36 Storm at Cape Aiya, 1875

Ivan Aivazovsky

manner as American marine artists like Lane. What he lacked, or repudiated, was their sense of calm. Next to storms at sea, he loved moonlight, because it produced a fresh set of dramatic circumstances which could be carried to the limits of credibility. Hence his spectacular The Black Sea at Night, a large-scale work whose sheer intensity makes the moonlighters of the West—Wright of Derby, for example, and Claude Vernet (1714-1789)—seem close to unaudacious.
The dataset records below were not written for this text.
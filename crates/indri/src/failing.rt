// Commands over a store in memory, where each read of their input fails, and each write.
use crate::gen_tests::{ASKED, KEPT};
use crate::run_words;
use crate::store_tests::{ADD_TWO, CREATE, Step, TWO, first_wrong, is_ended, words_of};
use indri_app::Status;
use ri_ends::{MemSink, MemSource, SinkFail};
use std::alloc::Global;
use store_ends::MemStore;

/// A command: the runs before it, its words, its input, which is given by pieces of seven bytes, how many reads and writes it makes, its
/// status, and its text. A query tells the collection of before and behind it: its words, and its status and text for each.
struct Case {
    before: &'static [Step],
    texts: &'static [&'static str],
    input: &'static str,
    reads: u64,
    writes: u64,
    status: Status,
    text: &'static str,
    query: &'static [&'static str],
    old: (Status, &'static str),
    new: (Status, &'static str),
}

const BOTH_LINES: &str = "1 - -0.263034 d2 0 1\n2 > -0.847996 d1 0 2\n";

const BOTH: (Status, &str) = (Status::Done, BOTH_LINES);

static CASES: [Case; 10] = [
    Case {
        before: &[],
        texts: &["create"],
        input: "",
        reads: 0,
        writes: 1,
        status: Status::Done,
        text: "created\n",
        query: &["query", "a"],
        old: (Status::NoRepository, "norepository\n"),
        new: (Status::Done, ""),
    },
    Case {
        before: &[],
        texts: &["gen", "3"],
        input: "",
        reads: 0,
        writes: 1,
        status: Status::Done,
        text: "gen 3 live 2 tokens 6\n1 - -2.585251 g0 0 2\n2 > -2.586403 g2 0 4\n",
        query: ASKED,
        old: (Status::NoRepository, "norepository\n"),
        new: (Status::Done, KEPT),
    },
    Case {
        before: &[CREATE, ADD_TWO],
        texts: &["add"],
        input: "<DOC><DOCNO>d3</DOCNO>b</DOC><DOC><DOCNO>d1</DOCNO>c</DOC><DOC><DOCNO>d4</DOCNO>a c</DOC>",
        reads: 15,
        writes: 4,
        status: Status::SomeRefused,
        text: "added d3 1\nrefused Repeated d1\nadded d4 2\nflushed 4\n",
        query: &["query", "--mu", "1", "b"],
        old: (Status::Done, "1 - -1.169925 d1 0 2\n"),
        new: (Status::Done, "1 - -0.584962 d3 0 1\n2 > -1.169925 d1 0 2\n"),
    },
    Case {
        before: &[CREATE, ADD_TWO],
        texts: &["delete"],
        input: "d1\nd3\nd2\n",
        reads: 3,
        writes: 4,
        status: Status::SomeRefused,
        text: "deleted d1\nrefused NoSuchDoc d3\ndeleted d2\nflushed 0\n",
        query: &["query", "--mu", "1", "a"],
        old: BOTH,
        new: (Status::Done, ""),
    },
    Case {
        before: &[CREATE, ADD_TWO],
        texts: &["prior", "home"],
        input: "d1 1/2\nd1 1/3\n* 1/4\n",
        reads: 4,
        writes: 2,
        status: Status::SomeRefused,
        text: "refused RepeatedRow d1\nprior home 1\n",
        query: &["query", "--mu", "1", "a #prior(home)"],
        old: (Status::QueryRefused, "refused Check UnknownPrior home\n"),
        new: (Status::Done, "1 - -0.923998 d1 0 2\n2 > -1.131517 d2 0 1\n"),
    },
    Case {
        before: &[CREATE, ADD_TWO],
        texts: &["merge"],
        input: "",
        reads: 0,
        writes: 1,
        status: Status::Done,
        text: "merged 2\n",
        query: &["query", "--mu", "1", "a"],
        old: BOTH,
        new: BOTH,
    },
    Case {
        before: &[CREATE, ADD_TWO],
        texts: &["session", "--mu", "1"],
        input: "add 29\n<DOC><DOCNO>d3</DOCNO>b</DOC>\ndelete d1\nopen q 5 b\nstep q 9\nshow q\nend\n",
        reads: 12,
        writes: 6,
        status: Status::Done,
        text: "added d3 1\ndeleted d1\nopened q 2\nstepped q 2 of 2\nresults q 1\n1 - -0.415037 d3 0 1\nended 2\n",
        query: &["query", "--mu", "1", "b"],
        old: (Status::Done, "1 - -1.169925 d1 0 2\n"),
        new: (Status::Done, "1 - -0.415037 d3 0 1\n"),
    },
    Case {
        before: &[CREATE, ADD_TWO],
        texts: &["scan", "a"],
        input: TWO,
        reads: 11,
        writes: 2,
        status: Status::Done,
        text: "d1 0 1\nd2 0 1\n",
        query: &["query", "--mu", "1", "a"],
        old: BOTH,
        new: BOTH,
    },
    Case {
        before: &[CREATE, ADD_TWO],
        texts: &["query", "--mu", "1", "a"],
        input: "",
        reads: 0,
        writes: 1,
        status: Status::Done,
        text: BOTH_LINES,
        query: &["query", "--mu", "1", "a"],
        old: BOTH,
        new: BOTH,
    },
    Case {
        before: &[CREATE, ADD_TWO],
        texts: &["explain", "1", "--mu=1", "a"],
        input: "",
        reads: 0,
        writes: 1,
        status: Status::Done,
        text: "result 1 d2 0 1\nscale 1\nleaf 1 \"a\" tf 1 len 1 cf 2 total 3 belief 10/12\nat 0 1\nscore -0.263034\n",
        query: &["query", "--mu", "1", "a"],
        old: BOTH,
        new: BOTH,
    },
];

/// The store behind the runs before the command.
fn store_before(alloc: Global, case: &Case) -> Option<MemStore> {
    let mut store = MemStore::new(alloc, Vec::new(alloc), Vec::new(alloc));
    match first_wrong(alloc, &mut store, case.before) {
        None => Some(store),
        Some(_) => None,
    }
}

/// The input, where the read of this number fails.
fn source_of(alloc: Global, case: &Case, read: u64) -> Option<MemSource> {
    let bytes = case.input.as_bytes().to_vec(alloc).ok()?;
    let mut fails = Vec::new(alloc);
    fails.push(read).ok()?;
    Some(MemSource::new(bytes, 7, fails))
}

/// A sink, where the write of this number fails, and has taken so many bytes.
fn sink_of(alloc: Global, write: u64, taken: usize) -> Option<MemSink> {
    let mut fails = Vec::new(alloc);
    fails.push(SinkFail { call: write, taken }).ok()?;
    Some(MemSink::new(alloc, fails))
}

/// How the command ends.
fn ran(
    alloc: Global,
    store: &mut MemStore,
    case: &Case,
    source: &mut MemSource,
    sink: &mut MemSink,
) -> Option<Status> {
    let words = words_of(alloc, case.texts)?;
    run_words(alloc, &words, source, sink, store).ok()
}

/// Whether the query tells so.
fn tells(alloc: Global, store: &mut MemStore, case: &Case, told: (Status, &'static str)) -> bool {
    let (status, text) = told;
    is_ended(alloc, store, &(case.query, "", status, text))
}

/// Whole lines of the text, and behind them that of the read.
fn is_front(written: &[u8], text: &str) -> bool {
    match written.strip_suffix(b"fault read\n") {
        Some(front) => {
            text.as_bytes().starts_with(front) && (front.is_empty() || front.ends_with(b"\n"))
        }
        None => false,
    }
}

/// Whether the command ends so where the read of this number fails: it is broken off with whole lines of its text, and the collection is
/// as before.
fn breaks_at_read(alloc: Global, case: &Case, read: u64) -> Option<bool> {
    let mut store = store_before(alloc, case)?;
    let mut source = source_of(alloc, case, read)?;
    let mut sink = sink_of(alloc, 0, 0)?;
    let status = ran(alloc, &mut store, case, &mut source, &mut sink)?;
    let told = tells(alloc, &mut store, case, case.old);
    Some(status == Status::ReadFault && is_front(sink.bytes(), case.text) && told)
}

/// Whether the command ends so where the write of this number fails: it has written a front of its text, and the collection is as before,
/// but behind it where that was the last write.
fn breaks_at_write(alloc: Global, case: &Case, write: u64, taken: usize) -> Option<bool> {
    let mut store = store_before(alloc, case)?;
    let mut source = source_of(alloc, case, 0)?;
    let mut sink = sink_of(alloc, write, taken)?;
    let status = ran(alloc, &mut store, case, &mut source, &mut sink)?;
    let told = if write == case.writes {
        case.new
    } else {
        case.old
    };
    let told = tells(alloc, &mut store, case, told);
    Some(status == Status::WriteFault && case.text.as_bytes().starts_with(sink.bytes()) && told)
}

/// Whether the command is done whole where the read and the write behind the last ones were to fail.
fn is_whole(alloc: Global, case: &Case) -> Option<bool> {
    let mut store = store_before(alloc, case)?;
    let mut source = source_of(alloc, case, case.reads.saturating_add(1))?;
    let mut sink = sink_of(alloc, case.writes.saturating_add(1), 0)?;
    let status = ran(alloc, &mut store, case, &mut source, &mut sink)?;
    let told = tells(alloc, &mut store, case, case.new);
    Some(status == case.status && sink.bytes() == case.text.as_bytes() && told)
}

#[test]
fn no_call_fails(rt: HostRuntime) {
    for case in &CASES {
        assert!(rt; is_whole(rt.alloc(), case) == Some(true), "{}", case.text);
    }
}

#[test]
fn each_read_fails(rt: HostRuntime) {
    for case in &CASES {
        for read in 1..=case.reads {
            assert!(rt;
                breaks_at_read(rt.alloc(), case, read) == Some(true),
                "{read} {}",
                case.text
            );
        }
    }
}

#[test]
fn each_write_fails(rt: HostRuntime) {
    for case in &CASES {
        for write in 1..=case.writes {
            for taken in [0, 1, 99] {
                assert!(rt;
                    breaks_at_write(rt.alloc(), case, write, taken) == Some(true),
                    "{write} {taken} {}",
                    case.text
                );
            }
        }
    }
}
However, it must be said that the principal actor in Russia's theatre of nature is neither sea nor mountain, gorge nor storm, but the forest. It is ubiquitous, endless, heartless and alarming always, but variously beautiful in its seasonal cycles. Again, one must go to the Tretyakov Gallery to examine how Russian painters coped with this overwhelming presence. The largest stretches of Russian forest were primarily of birch, and this with its white-silver bark gave the Russian painter spectacular opportunities to create light-effects. For the birch forest can never quite extinguish the light, even in its deepest recesses, and when the sunlight blazes in summer, each tree becomes a kind of mirror or intensifier of light. In 1879, when Arkhip Kuindzhi (1841-1910) exhibited his Birch Grove at the Academy in St Petersburg, his virtuoso presentation of light reflected off the birch trunks, against a background and foreground of deepest green, excited and puzzled spectators. They crowded round the canvas, not believing that the source of light came merely from the cunning used by Kuindzhi in heightening the natural chiaroscuro, insisting it was some kind of trick. Some Russian artists painted forests and nothing else their entire career, and argued that the knowledge to be thus gained was infinite. A group of them, known as 'The Wanderers', promoted forest lore almost to the status of an artistic religion. Ivan Shishkin (1832-1898) helped to found it in 1871. He had trained in Germany as well as in Moscow and was an amateur botanist of the most fanatical kind, accumulating masses of books and specimens, and meticulous drawings of plants (and insects), which would have delighted Ruskin. He was called 'the Book-keeper of the Leaves'.

Shishkin did the forest (pine as well as birch) in all seasons, often spending the night alongside his equipment to get twilight or dawn effects. His Pine Forest, Viatka Province (1872) shows high summer. Rain in an Oak Forest (1891) is an astonishing virtuoso performance, presenting spring in saturated moisture and seeping, slithering, wetness and mud, as the downpour falls from the misty sky into the pattering leaves. His Winter Pine (1891), inspired by a verse of Lermontov, is a crunchy, moonlit December scene, the lone pine almost tottering from its weight of snow. Winter, painted the year before (St Petersburg, Russian Museum) conveys the claustrophobia of deep snow in limitless fir forest. It should be added, however, that Shishkin, like some of the Americans, liked to break out of the enclosing forest and show the sheer breadth and depth of the great land. One of his earliest successes came in 1866 with Midday: Countryside Near Moscow, where tiny peasants with scythes walk near a cornfield under a towering cumulus sky which occupies four-fifths of the work. In Across the Vale (1883, Kyiv Museum), he produced a gigantic canvas showing a lone high oak against a background of endless plain through which a river slowly curves. He gets the same effect of immense depth and distance in On the Shore of the Gulf of Finland, using grey-blue seas and skies, and the serrated cliffs over the beach, tiny figures walking along them. But in his last work, Grove of Trees Like Masts (1898; both Russian Museum), he is back in the forest again, in total silence, still light, infinite, semi-darkness, and stillness.